▸ DATA RECORDS:
--- --- ---
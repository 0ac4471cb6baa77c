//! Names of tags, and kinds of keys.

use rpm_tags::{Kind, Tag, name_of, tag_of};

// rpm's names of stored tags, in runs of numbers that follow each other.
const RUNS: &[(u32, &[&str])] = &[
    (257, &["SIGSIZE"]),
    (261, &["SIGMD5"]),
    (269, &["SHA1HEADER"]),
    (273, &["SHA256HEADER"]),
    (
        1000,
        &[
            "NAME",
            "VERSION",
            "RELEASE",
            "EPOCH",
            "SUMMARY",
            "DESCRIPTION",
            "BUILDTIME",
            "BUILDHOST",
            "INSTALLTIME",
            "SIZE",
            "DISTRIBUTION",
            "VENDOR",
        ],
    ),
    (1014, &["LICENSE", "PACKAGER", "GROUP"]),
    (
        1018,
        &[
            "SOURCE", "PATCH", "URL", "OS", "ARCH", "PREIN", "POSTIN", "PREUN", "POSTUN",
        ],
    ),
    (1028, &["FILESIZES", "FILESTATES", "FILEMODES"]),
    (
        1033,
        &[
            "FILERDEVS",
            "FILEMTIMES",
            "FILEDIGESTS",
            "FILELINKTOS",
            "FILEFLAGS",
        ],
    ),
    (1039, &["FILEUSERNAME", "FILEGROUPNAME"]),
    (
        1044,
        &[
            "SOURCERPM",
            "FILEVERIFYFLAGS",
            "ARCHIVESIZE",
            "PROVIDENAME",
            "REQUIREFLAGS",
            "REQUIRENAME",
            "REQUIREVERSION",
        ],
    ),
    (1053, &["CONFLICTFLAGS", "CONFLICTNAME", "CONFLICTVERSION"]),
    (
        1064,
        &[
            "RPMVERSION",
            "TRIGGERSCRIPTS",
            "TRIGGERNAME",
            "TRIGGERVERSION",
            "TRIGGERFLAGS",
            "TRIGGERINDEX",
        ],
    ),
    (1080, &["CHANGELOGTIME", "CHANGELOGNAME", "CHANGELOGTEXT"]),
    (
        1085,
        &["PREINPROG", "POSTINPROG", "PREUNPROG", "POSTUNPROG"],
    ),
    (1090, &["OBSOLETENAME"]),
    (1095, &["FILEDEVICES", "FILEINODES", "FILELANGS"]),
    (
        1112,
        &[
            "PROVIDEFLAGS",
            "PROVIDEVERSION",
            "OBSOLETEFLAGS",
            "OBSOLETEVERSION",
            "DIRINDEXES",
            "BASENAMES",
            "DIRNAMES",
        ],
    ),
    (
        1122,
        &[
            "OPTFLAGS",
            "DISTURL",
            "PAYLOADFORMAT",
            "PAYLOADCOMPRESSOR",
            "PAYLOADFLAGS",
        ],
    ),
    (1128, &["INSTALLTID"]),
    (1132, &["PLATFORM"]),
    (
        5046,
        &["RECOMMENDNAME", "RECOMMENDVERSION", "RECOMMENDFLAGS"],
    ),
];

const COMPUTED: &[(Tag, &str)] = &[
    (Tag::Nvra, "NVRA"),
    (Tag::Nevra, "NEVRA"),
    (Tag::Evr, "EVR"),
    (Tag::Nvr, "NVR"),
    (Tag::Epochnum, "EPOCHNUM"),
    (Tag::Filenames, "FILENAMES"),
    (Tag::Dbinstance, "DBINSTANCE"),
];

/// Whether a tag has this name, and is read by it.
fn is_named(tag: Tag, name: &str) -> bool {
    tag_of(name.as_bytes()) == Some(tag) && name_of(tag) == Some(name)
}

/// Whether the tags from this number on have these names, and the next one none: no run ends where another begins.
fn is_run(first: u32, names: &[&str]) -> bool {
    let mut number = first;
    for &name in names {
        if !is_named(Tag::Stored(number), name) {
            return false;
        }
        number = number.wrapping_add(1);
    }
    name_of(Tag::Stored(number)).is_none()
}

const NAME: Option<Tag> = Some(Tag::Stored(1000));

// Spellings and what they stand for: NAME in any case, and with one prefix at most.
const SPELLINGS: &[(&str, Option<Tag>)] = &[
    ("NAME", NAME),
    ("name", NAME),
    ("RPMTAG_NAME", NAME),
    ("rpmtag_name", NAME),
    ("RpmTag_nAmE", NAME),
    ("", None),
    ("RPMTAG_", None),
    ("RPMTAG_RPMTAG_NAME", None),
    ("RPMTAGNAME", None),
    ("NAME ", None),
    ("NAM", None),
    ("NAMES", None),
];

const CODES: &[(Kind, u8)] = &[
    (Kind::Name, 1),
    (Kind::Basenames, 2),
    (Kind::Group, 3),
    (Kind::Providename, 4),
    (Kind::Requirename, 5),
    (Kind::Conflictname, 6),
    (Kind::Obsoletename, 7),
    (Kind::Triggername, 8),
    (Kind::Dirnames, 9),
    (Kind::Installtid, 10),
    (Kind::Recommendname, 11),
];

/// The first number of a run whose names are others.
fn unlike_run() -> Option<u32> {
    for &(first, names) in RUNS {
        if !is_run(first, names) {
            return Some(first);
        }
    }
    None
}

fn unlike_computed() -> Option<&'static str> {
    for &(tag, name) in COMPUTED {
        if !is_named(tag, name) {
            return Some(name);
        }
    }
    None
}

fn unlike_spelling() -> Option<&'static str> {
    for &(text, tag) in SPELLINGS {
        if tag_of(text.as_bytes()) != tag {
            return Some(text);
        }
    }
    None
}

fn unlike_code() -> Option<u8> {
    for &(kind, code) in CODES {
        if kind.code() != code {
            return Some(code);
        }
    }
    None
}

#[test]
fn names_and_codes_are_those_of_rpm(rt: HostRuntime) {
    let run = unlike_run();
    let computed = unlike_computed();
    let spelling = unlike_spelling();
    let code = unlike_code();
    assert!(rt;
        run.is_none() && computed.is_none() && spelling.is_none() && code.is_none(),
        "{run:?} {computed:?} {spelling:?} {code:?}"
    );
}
--- --- ---
▸ PROBLEM STATEMENT: Retype the whole listing without changing anything.

▸ OUTPUT BELOW:
repository 0ac4471cb6baa77c
//! Names of tags, and kinds of keys.

use rpm_tags::{Kind, Tag, name_of, tag_of};

// rpm's names of stored tags, in runs of numbers that follow each other.
const RUNS: &[(u32, &[&str])] = &[
    (257, &["SIGSIZE"]),
    (261, &["SIGMD5"]),
    (269, &["SHA1HEADER"]),
    (273, &["SHA256HEADER"]),
    (
        1000,
        &[
            "NAME",
            "VERSION",
            "RELEASE",
            "EPOCH",
            "SUMMARY",
            "DESCRIPTION",
            "BUILDTIME",
            "BUILDHOST",
            "INSTALLTIME",
            "SIZE",
            "DISTRIBUTION",
            "VENDOR",
        ],
    ),
    (1014, &["LICENSE", "PACKAGER", "GROUP"]),
    (
        1018,
        &[
            "SOURCE", "PATCH", "URL", "OS", "ARCH", "PREIN", "POSTIN", "PREUN", "POSTUN",
        ],
    ),
    (1028, &["FILESIZES", "FILESTATES", "FILEMODES"]),
    (
        1033,
        &[
            "FILERDEVS",
            "FILEMTIMES",
            "FILEDIGESTS",
            "FILELINKTOS",
            "FILEFLAGS",
        ],
    ),
    (1039, &["FILEUSERNAME", "FILEGROUPNAME"]),
    (
        1044,
        &[
            "SOURCERPM",
            "FILEVERIFYFLAGS",
            "ARCHIVESIZE",
            "PROVIDENAME",
            "REQUIREFLAGS",
            "REQUIRENAME",
            "REQUIREVERSION",
        ],
    ),
    (1053, &["CONFLICTFLAGS", "CONFLICTNAME", "CONFLICTVERSION"]),
    (
        1064,
        &[
            "RPMVERSION",
            "TRIGGERSCRIPTS",
            "TRIGGERNAME",
            "TRIGGERVERSION",
            "TRIGGERFLAGS",
            "TRIGGERINDEX",
        ],
    ),
    (1080, &["CHANGELOGTIME", "CHANGELOGNAME", "CHANGELOGTEXT"]),
    (
        1085,
        &["PREINPROG", "POSTINPROG", "PREUNPROG", "POSTUNPROG"],
    ),
    (1090, &["OBSOLETENAME"]),
    (1095, &["FILEDEVICES", "FILEINODES", "FILELANGS"]),
    (
        1112,
        &[
            "PROVIDEFLAGS",
            "PROVIDEVERSION",
            "OBSOLETEFLAGS",
            "OBSOLETEVERSION",
            "DIRINDEXES",
            "BASENAMES",
            "DIRNAMES",
        ],
    ),
    (
        1122,
        &[
            "OPTFLAGS",
            "DISTURL",
            "PAYLOADFORMAT",
            "PAYLOADCOMPRESSOR",
            "PAYLOADFLAGS",
        ],
    ),
    (1128, &["INSTALLTID"]),
    (1132, &["PLATFORM"]),
    (
        5046,
        &["RECOMMENDNAME", "RECOMMENDVERSION", "RECOMMENDFLAGS"],
    ),
];

const COMPUTED: &[(Tag, &str)] = &[
    (Tag::Nvra, "NVRA"),
    (Tag::Nevra, "NEVRA"),
    (Tag::Evr, "EVR"),
    (Tag::Nvr, "NVR"),
    (Tag::Epochnum, "EPOCHNUM"),
    (Tag::Filenames, "FILENAMES"),
    (Tag::Dbinstance, "DBINSTANCE"),
];

/// Whether a tag has this name, and is read by it.
fn is_named(tag: Tag, name: &str) -> bool {
    tag_of(name.as_bytes()) == Some(tag) && name_of(tag) == Some(name)
}

/// Whether the tags from this number on have these names, and the next one none: no run ends where another begins.
fn is_run(first: u32, names: &[&str]) -> bool {
    let mut number = first;
    for &name in names {
        if !is_named(Tag::Stored(number), name) {
            return false;
        }
        number = number.wrapping_add(1);
    }
    name_of(Tag::Stored(number)).is_none()
}

const NAME: Option<Tag> = Some(Tag::Stored(1000));

// Spellings and what they stand for: NAME in any case, and with one prefix at most.
const SPELLINGS: &[(&str, Option<Tag>)] = &[
    ("NAME", NAME),
    ("name", NAME),
    ("RPMTAG_NAME", NAME),
    ("rpmtag_name", NAME),
    ("RpmTag_nAmE", NAME),
    ("", None),
    ("RPMTAG_", None),
    ("RPMTAG_RPMTAG_NAME", None),
    ("RPMTAGNAME", None),
    ("NAME ", None),
    ("NAM", None),
    ("NAMES", None),
];

const CODES: &[(Kind, u8)] = &[
    (Kind::Name, 1),
    (Kind::Basenames, 2),
    (Kind::Group, 3),
    (Kind::Providename, 4),
    (Kind::Requirename, 5),
    (Kind::Conflictname, 6),
    (Kind::Obsoletename, 7),
    (Kind::Triggername, 8),
    (Kind::Dirnames, 9),
    (Kind::Installtid, 10),
    (Kind::Recommendname, 11),
];

/// The first number of a run whose names are others.
fn unlike_run() -> Option<u32> {
    for &(first, names) in RUNS {
        if !is_run(first, names) {
            return Some(first);
        }
    }
    None
}

fn unlike_computed() -> Option<&'static str> {
    for &(tag, name) in COMPUTED {
        if !is_named(tag, name) {
            return Some(name);
        }
    }
    None
}

fn unlike_spelling() -> Option<&'static str> {
    for &(text, tag) in SPELLINGS {
        if tag_of(text.as_bytes()) != tag {
            return Some(text);
        }
    }
    None
}

fn unlike_code() -> Option<u8> {
    for &(kind, code) in CODES {
        if kind.code() != code {
            return Some(code);
        }
    }
    None
}

#[test]
fn names_and_codes_are_those_of_rpm(rt: HostRuntime) {
    let run = unlike_run();
    let computed = unlike_computed();
    let spelling = unlike_spelling();
    let code = unlike_code();
    assert!(rt;
        run.is_none() && computed.is_none() && spelling.is_none() && code.is_none(),
        "{run:?} {computed:?} {spelling:?} {code:?}"
    );
}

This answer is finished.